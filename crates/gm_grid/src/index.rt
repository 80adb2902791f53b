//! The index of a grid's file: how many edges each block has.

ghost use Rattle.std.specs.Prelude.{◌≡◌, ◌*◌, ◌≤◌, ◌↔◌, length, map, sum, IfOk, OnOk, Some, None};
ghost use Rattle.byteorder.specs.Endian.{little_number};
ghost use Rattle.gm_base.specs.declared.limits.TheConstants.{MAX_EDGES, MAX_PARTS};
ghost use Rattle.gm_grid.specs.GridBytes.{counts_of_index, index_size, grid_file_size};
ghost use Rattle.gm_grid.specs.GridRefusals.{index_refusal};

use crate::{EDGE_SIZE, ENTRY_SIZE, GridError, HEAD_SIZE, IndexError};
use byteorder::{ByteOrder, LittleEndian};
use gm_base::{MAX_EDGES, Shape};
use std::alloc::{AllocError, Global};
use std::marker::Model;

/// How many edges each block of a grid has, row by row: at most [`MAX_EDGES`] in all. Contracts see the list of the numbers.
#[derive(Drop)]
pub struct Index {
    counts: Vec<u64>,
    edges: u64,
}

impl Model for Index {
    ghost use Rattle.std.specs.Prelude.{◌≡◌, ◌*◌, ◌≤◌, ℕ, List, length, sum};
    ghost use Rattle.gm_base.specs.declared.limits.TheConstants.{MAX_EDGES, MAX_PARTS};

    ghost Value = { List ℕ };

    ghost view = { λ a. a.counts.items };

    ghost invariant = { λ a. (a.edges ≡ sum a.counts.items)
        × (sum a.counts.items ≤ MAX_EDGES)
        × (length a.counts.items ≤ MAX_PARTS * MAX_PARTS) };
}

/// How many bytes the index behind a head of this shape has.
pub fn index_size(shape: &Shape) -> usize
    ensures value { result ≡ index_size shape.now }
    ensures most { result ≤ ENTRY_SIZE * (MAX_PARTS * MAX_PARTS) }
{
    let parts = shape.parts() as usize;
    ENTRY_SIZE * (parts * parts)
}

/// How many edges the blocks have in all.
fn edges_in_all(counts: &[[u8; ENTRY_SIZE]]) -> u128
    requires { length counts.now ≤ MAX_PARTS * MAX_PARTS }
    ensures { result ≡ sum (map (little_number ENTRY_SIZE) counts.now) }
{
    counts
        .iter()
        .map(|count| u128::from(LittleEndian::read_u64(count)))
        .sum()
}

/// The numbers of these bytes.
fn read_counts(alloc: Global, counts: &[[u8; ENTRY_SIZE]]) -> Result<Vec<u64>, AllocError>
    ensures { IfOk result (λ read. read.items ≡ map (little_number ENTRY_SIZE) counts.now) }
{
    counts
        .iter()
        .map(|count| LittleEndian::read_u64(count))
        .collect(alloc)
}

/// The index behind a head of this shape. `TooManyEdges` exactly where the blocks have more than [`MAX_EDGES`] edges in all; else
/// `Memory`.
pub fn read_index(alloc: Global, shape: &Shape, bytes: &[u8]) -> Result<Index, IndexError>
    requires { length bytes.now ≡ index_size shape.now }
    ensures ok { IfOk result (λ index.
        (index ≡ counts_of_index bytes.now) × (length index ≡ shape.now.parts * shape.now.parts)) }
    ensures taken { OnOk result (index_refusal (counts_of_index bytes.now) ≡ None) }
    ensures refused { (e : GridError)
        → (result ≡ Err (IndexError.Grid e)) ↔ (index_refusal (counts_of_index bytes.now) ≡ Some e) }
{
    let size = index_size(shape);
    prove!(bytes.len() == size);
    let (numbers, _) = bytes.as_chunks::<ENTRY_SIZE>();
    let edges = edges_in_all(numbers);
    if edges > u128::from(MAX_EDGES) {
        return Err(GridError::TooManyEdges { edges }.into());
    }
    let counts = read_counts(alloc, numbers)?;
    Ok(Index {
        counts,
        edges: edges as u64,
    })
}

impl Index {
    /// How many edges each block has, row by row.
    pub fn counts(&self) -> &[u64]
        ensures { result.now ≡ self.now }
    {
        self.counts.as_slice()
    }

    /// How many edges there are in all.
    pub fn edges(&self) -> u64
        ensures value { result ≡ sum self.now }
        ensures most { result ≤ MAX_EDGES }
    {
        self.edges
    }

    /// How many bytes the whole file has.
    pub fn expected_size(&self) -> u64
        ensures { result ≡ grid_file_size (length self.now) (sum self.now) }
    {
        HEAD_SIZE as u64
            + ENTRY_SIZE as u64 * self.counts.len() as u64
            + EDGE_SIZE as u64 * self.edges
    }
}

===

_TRY IT_: Retype the material above, line by line, exactly.

_RESPONSE_:
filename crates/gm_grid/src/index.rt
repository 80adb2902791f53b
//! The index of a grid's file: how many edges each block has.

ghost use Rattle.std.specs.Prelude.{◌≡◌, ◌*◌, ◌≤◌, ◌↔◌, length, map, sum, IfOk, OnOk, Some, None};
ghost use Rattle.byteorder.specs.Endian.{little_number};
ghost use Rattle.gm_base.specs.declared.limits.TheConstants.{MAX_EDGES, MAX_PARTS};
ghost use Rattle.gm_grid.specs.GridBytes.{counts_of_index, index_size, grid_file_size};
ghost use Rattle.gm_grid.specs.GridRefusals.{index_refusal};

use crate::{EDGE_SIZE, ENTRY_SIZE, GridError, HEAD_SIZE, IndexError};
use byteorder::{ByteOrder, LittleEndian};
use gm_base::{MAX_EDGES, Shape};
use std::alloc::{AllocError, Global};
use std::marker::Model;

/// How many edges each block of a grid has, row by row: at most [`MAX_EDGES`] in all. Contracts see the list of the numbers.
#[derive(Drop)]
pub struct Index {
    counts: Vec<u64>,
    edges: u64,
}

impl Model for Index {
    ghost use Rattle.std.specs.Prelude.{◌≡◌, ◌*◌, ◌≤◌, ℕ, List, length, sum};
    ghost use Rattle.gm_base.specs.declared.limits.TheConstants.{MAX_EDGES, MAX_PARTS};

    ghost Value = { List ℕ };

    ghost view = { λ a. a.counts.items };

    ghost invariant = { λ a. (a.edges ≡ sum a.counts.items)
        × (sum a.counts.items ≤ MAX_EDGES)
        × (length a.counts.items ≤ MAX_PARTS * MAX_PARTS) };
}

/// How many bytes the index behind a head of this shape has.
pub fn index_size(shape: &Shape) -> usize
    ensures value { result ≡ index_size shape.now }
    ensures most { result ≤ ENTRY_SIZE * (MAX_PARTS * MAX_PARTS) }
{
    let parts = shape.parts() as usize;
    ENTRY_SIZE * (parts * parts)
}

/// How many edges the blocks have in all.
fn edges_in_all(counts: &[[u8; ENTRY_SIZE]]) -> u128
    requires { length counts.now ≤ MAX_PARTS * MAX_PARTS }
    ensures { result ≡ sum (map (little_number ENTRY_SIZE) counts.now) }
{
    counts
        .iter()
        .map(|count| u128::from(LittleEndian::read_u64(count)))
        .sum()
}

/// The numbers of these bytes.
fn read_counts(alloc: Global, counts: &[[u8; ENTRY_SIZE]]) -> Result<Vec<u64>, AllocError>
    ensures { IfOk result (λ read. read.items ≡ map (little_number ENTRY_SIZE) counts.now) }
{
    counts
        .iter()
        .map(|count| LittleEndian::read_u64(count))
        .collect(alloc)
}

/// The index behind a head of this shape. `TooManyEdges` exactly where the blocks have more than [`MAX_EDGES`] edges in all; else
/// `Memory`.
pub fn read_index(alloc: Global, shape: &Shape, bytes: &[u8]) -> Result<Index, IndexError>
    requires { length bytes.now ≡ index_size shape.now }
    ensures ok { IfOk result (λ index.
        (index ≡ counts_of_index bytes.now) × (length index ≡ shape.now.parts * shape.now.parts)) }
    ensures taken { OnOk result (index_refusal (counts_of_index bytes.now) ≡ None) }
    ensures refused { (e : GridError)
        → (result ≡ Err (IndexError.Grid e)) ↔ (index_refusal (counts_of_index bytes.now) ≡ Some e) }
{
    let size = index_size(shape);
    prove!(bytes.len() == size);
    let (numbers, _) = bytes.as_chunks::<ENTRY_SIZE>();
    let edges = edges_in_all(numbers);
    if edges > u128::from(MAX_EDGES) {
        return Err(GridError::TooManyEdges { edges }.into());
    }
    let counts = read_counts(alloc, numbers)?;
    Ok(Index {
        counts,
        edges: edges as u64,
    })
}

impl Index {
    /// How many edges each block has, row by row.
    pub fn counts(&self) -> &[u64]
        ensures { result.now ≡ self.now }
    {
        self.counts.as_slice()
    }

    /// How many edges there are in all.
    pub fn edges(&self) -> u64
        ensures value { result ≡ sum self.now }
        ensures most { result ≤ MAX_EDGES }
    {
        self.edges
    }

    /// How many bytes the whole file has.
    pub fn expected_size(&self) -> u64
        ensures { result ≡ grid_file_size (length self.now) (sum self.now) }
    {
        HEAD_SIZE as u64
            + ENTRY_SIZE as u64 * self.counts.len() as u64
            + EDGE_SIZE as u64 * self.edges
    }
}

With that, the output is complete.